_Source data_:

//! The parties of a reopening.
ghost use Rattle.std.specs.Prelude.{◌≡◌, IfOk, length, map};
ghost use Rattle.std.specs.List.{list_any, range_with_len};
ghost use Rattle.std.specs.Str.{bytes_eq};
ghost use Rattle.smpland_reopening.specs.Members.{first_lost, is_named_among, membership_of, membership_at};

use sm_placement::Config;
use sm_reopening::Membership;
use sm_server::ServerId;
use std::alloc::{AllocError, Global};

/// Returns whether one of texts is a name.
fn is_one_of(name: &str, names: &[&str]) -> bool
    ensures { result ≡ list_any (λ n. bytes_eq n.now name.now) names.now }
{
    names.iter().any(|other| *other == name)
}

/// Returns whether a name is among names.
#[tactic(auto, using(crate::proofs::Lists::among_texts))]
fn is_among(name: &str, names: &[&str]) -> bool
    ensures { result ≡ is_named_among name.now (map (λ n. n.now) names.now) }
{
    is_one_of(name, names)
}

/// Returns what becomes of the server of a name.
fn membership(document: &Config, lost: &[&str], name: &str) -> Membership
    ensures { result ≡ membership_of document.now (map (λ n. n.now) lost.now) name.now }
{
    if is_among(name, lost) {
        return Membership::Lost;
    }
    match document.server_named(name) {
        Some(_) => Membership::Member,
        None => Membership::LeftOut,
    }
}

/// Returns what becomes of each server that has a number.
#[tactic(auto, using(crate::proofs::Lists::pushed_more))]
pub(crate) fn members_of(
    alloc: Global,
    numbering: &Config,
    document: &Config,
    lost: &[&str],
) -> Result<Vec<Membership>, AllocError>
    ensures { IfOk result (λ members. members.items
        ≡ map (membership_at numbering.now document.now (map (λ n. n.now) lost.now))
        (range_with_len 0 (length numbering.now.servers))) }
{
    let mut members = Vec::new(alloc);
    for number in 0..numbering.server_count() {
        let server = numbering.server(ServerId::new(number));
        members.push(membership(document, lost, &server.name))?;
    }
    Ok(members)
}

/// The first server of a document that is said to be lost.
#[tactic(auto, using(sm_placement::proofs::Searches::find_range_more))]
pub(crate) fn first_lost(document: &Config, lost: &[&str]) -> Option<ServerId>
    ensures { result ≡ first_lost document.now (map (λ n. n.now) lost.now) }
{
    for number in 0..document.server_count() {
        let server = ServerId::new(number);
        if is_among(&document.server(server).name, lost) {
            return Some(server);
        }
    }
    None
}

...

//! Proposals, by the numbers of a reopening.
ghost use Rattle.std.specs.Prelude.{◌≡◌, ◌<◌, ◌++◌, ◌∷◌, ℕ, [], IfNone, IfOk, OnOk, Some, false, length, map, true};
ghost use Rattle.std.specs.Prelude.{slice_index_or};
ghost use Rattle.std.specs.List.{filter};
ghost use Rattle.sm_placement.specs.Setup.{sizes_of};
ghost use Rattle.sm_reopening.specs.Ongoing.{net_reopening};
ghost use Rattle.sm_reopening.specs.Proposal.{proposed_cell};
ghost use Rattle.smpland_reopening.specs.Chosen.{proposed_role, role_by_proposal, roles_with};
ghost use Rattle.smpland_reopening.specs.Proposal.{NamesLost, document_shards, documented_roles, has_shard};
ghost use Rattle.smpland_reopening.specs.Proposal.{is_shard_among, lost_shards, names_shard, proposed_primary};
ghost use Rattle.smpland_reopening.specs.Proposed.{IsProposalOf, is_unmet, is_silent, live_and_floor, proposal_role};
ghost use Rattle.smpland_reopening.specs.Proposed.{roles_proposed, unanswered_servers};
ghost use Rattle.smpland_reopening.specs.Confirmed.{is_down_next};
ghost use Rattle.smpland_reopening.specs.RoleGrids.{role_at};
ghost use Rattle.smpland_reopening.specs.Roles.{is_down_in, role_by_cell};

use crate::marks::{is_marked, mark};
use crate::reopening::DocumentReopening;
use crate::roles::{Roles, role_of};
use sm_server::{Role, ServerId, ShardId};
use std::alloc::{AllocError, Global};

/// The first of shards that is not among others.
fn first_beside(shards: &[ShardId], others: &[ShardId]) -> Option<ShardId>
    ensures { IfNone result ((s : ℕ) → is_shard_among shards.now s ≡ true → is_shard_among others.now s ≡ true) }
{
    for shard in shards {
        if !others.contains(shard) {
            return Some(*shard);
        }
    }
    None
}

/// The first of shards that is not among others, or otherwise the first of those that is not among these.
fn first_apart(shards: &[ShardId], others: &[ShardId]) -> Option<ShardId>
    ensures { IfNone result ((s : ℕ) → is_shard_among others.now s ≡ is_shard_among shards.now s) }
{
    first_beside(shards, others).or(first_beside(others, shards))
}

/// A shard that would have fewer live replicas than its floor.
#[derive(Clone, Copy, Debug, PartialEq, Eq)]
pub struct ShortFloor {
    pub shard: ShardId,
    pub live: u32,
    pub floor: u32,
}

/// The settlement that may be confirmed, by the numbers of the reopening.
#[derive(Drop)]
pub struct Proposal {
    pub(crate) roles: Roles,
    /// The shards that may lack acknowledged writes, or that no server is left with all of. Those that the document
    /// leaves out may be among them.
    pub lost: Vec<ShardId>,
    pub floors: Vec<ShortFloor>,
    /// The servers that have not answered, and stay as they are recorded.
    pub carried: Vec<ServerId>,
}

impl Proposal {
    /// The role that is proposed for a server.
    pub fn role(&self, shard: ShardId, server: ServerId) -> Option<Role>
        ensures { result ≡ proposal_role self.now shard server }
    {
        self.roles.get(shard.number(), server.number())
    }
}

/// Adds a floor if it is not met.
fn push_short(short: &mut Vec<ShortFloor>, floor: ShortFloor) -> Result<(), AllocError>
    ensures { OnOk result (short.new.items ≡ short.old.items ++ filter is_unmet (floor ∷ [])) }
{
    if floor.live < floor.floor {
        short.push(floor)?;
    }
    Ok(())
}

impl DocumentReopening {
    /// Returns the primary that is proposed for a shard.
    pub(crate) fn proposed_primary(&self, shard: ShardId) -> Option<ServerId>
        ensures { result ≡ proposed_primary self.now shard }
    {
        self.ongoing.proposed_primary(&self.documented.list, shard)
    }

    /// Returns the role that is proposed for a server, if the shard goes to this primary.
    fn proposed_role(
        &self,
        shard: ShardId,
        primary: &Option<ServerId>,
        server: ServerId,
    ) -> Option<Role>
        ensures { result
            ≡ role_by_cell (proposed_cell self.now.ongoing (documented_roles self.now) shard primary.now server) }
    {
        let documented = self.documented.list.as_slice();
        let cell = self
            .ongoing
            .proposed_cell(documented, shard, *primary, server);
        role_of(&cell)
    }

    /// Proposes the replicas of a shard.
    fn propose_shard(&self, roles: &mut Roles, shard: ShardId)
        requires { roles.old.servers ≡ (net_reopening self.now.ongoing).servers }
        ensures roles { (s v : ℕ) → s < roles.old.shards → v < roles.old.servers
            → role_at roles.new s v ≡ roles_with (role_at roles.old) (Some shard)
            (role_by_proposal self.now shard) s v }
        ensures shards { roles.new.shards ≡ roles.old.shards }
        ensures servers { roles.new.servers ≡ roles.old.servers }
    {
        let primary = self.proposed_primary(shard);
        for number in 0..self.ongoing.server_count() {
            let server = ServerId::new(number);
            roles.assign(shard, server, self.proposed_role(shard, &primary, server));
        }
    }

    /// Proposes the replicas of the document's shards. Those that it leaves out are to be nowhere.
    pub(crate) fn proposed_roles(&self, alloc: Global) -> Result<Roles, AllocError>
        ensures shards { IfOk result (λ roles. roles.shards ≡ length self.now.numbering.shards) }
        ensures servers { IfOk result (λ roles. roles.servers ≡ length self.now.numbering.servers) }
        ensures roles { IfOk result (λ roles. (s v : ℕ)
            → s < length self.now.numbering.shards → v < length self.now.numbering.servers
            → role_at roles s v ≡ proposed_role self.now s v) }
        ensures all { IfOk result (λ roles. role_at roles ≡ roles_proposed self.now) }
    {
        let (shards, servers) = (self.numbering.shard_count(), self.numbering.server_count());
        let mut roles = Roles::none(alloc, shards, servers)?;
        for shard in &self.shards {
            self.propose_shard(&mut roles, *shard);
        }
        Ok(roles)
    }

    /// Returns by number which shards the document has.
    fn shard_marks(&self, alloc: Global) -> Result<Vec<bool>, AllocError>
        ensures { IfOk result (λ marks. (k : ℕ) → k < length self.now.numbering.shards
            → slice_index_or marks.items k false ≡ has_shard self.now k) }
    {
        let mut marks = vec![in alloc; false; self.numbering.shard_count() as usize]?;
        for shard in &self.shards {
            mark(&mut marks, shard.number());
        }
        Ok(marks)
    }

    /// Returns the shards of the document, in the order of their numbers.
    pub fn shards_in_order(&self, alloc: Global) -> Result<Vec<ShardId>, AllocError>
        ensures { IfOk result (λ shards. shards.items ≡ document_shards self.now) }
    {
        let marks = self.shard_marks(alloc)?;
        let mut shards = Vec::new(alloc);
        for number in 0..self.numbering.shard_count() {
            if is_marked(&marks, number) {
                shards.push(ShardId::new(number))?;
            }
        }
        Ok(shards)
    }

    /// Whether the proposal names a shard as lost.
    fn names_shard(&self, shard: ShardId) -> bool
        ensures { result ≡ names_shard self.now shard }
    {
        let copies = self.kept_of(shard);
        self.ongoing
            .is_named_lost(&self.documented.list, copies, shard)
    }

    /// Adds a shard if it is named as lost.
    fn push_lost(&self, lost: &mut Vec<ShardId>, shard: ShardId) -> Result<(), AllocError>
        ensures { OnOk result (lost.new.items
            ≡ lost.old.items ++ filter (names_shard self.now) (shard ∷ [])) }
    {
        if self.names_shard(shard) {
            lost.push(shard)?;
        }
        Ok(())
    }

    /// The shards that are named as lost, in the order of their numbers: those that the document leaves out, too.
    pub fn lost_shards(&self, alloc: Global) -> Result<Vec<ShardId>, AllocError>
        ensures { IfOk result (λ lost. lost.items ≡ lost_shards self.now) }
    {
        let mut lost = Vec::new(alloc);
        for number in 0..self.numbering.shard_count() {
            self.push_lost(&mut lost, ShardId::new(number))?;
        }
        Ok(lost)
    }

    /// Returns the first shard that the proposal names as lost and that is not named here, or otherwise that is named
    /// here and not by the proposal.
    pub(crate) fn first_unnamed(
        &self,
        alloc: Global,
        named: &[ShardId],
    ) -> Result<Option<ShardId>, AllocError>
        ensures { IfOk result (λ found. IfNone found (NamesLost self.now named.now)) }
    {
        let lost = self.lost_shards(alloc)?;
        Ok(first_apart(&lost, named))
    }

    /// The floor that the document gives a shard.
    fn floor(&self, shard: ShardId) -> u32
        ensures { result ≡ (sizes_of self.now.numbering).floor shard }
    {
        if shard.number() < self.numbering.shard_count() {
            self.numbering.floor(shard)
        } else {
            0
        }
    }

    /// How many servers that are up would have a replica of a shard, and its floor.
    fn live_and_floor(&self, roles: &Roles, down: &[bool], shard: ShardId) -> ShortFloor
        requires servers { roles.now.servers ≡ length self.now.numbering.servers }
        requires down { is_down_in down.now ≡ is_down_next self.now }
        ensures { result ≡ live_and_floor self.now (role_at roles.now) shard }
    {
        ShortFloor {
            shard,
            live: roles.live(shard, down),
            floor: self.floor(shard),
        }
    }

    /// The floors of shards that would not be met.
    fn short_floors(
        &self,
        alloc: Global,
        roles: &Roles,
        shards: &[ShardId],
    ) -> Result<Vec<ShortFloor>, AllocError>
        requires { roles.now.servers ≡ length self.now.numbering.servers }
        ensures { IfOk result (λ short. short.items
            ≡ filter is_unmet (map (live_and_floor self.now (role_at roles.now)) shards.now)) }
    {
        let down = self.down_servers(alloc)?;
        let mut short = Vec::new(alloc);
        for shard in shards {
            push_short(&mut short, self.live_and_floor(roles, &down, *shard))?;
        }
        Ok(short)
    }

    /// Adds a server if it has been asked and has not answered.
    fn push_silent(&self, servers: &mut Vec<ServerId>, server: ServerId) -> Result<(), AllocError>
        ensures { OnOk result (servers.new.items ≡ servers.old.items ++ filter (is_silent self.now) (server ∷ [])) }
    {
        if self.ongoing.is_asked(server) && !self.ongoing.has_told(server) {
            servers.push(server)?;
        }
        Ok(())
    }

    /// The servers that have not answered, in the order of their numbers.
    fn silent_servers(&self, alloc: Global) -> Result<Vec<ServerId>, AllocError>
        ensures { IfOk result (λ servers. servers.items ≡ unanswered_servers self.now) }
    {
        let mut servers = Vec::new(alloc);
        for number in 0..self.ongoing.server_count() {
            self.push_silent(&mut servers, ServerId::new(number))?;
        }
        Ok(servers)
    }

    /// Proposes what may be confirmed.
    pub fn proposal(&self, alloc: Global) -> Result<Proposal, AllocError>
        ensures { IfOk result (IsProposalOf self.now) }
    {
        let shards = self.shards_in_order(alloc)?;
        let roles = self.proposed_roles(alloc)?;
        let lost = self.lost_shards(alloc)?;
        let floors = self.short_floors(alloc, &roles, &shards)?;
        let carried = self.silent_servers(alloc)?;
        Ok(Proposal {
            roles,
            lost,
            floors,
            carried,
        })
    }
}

_How to complete this task_:
For the listing above, give the number of lines in which the string "struct" occurs, and nothing else.

_Written reply_:
2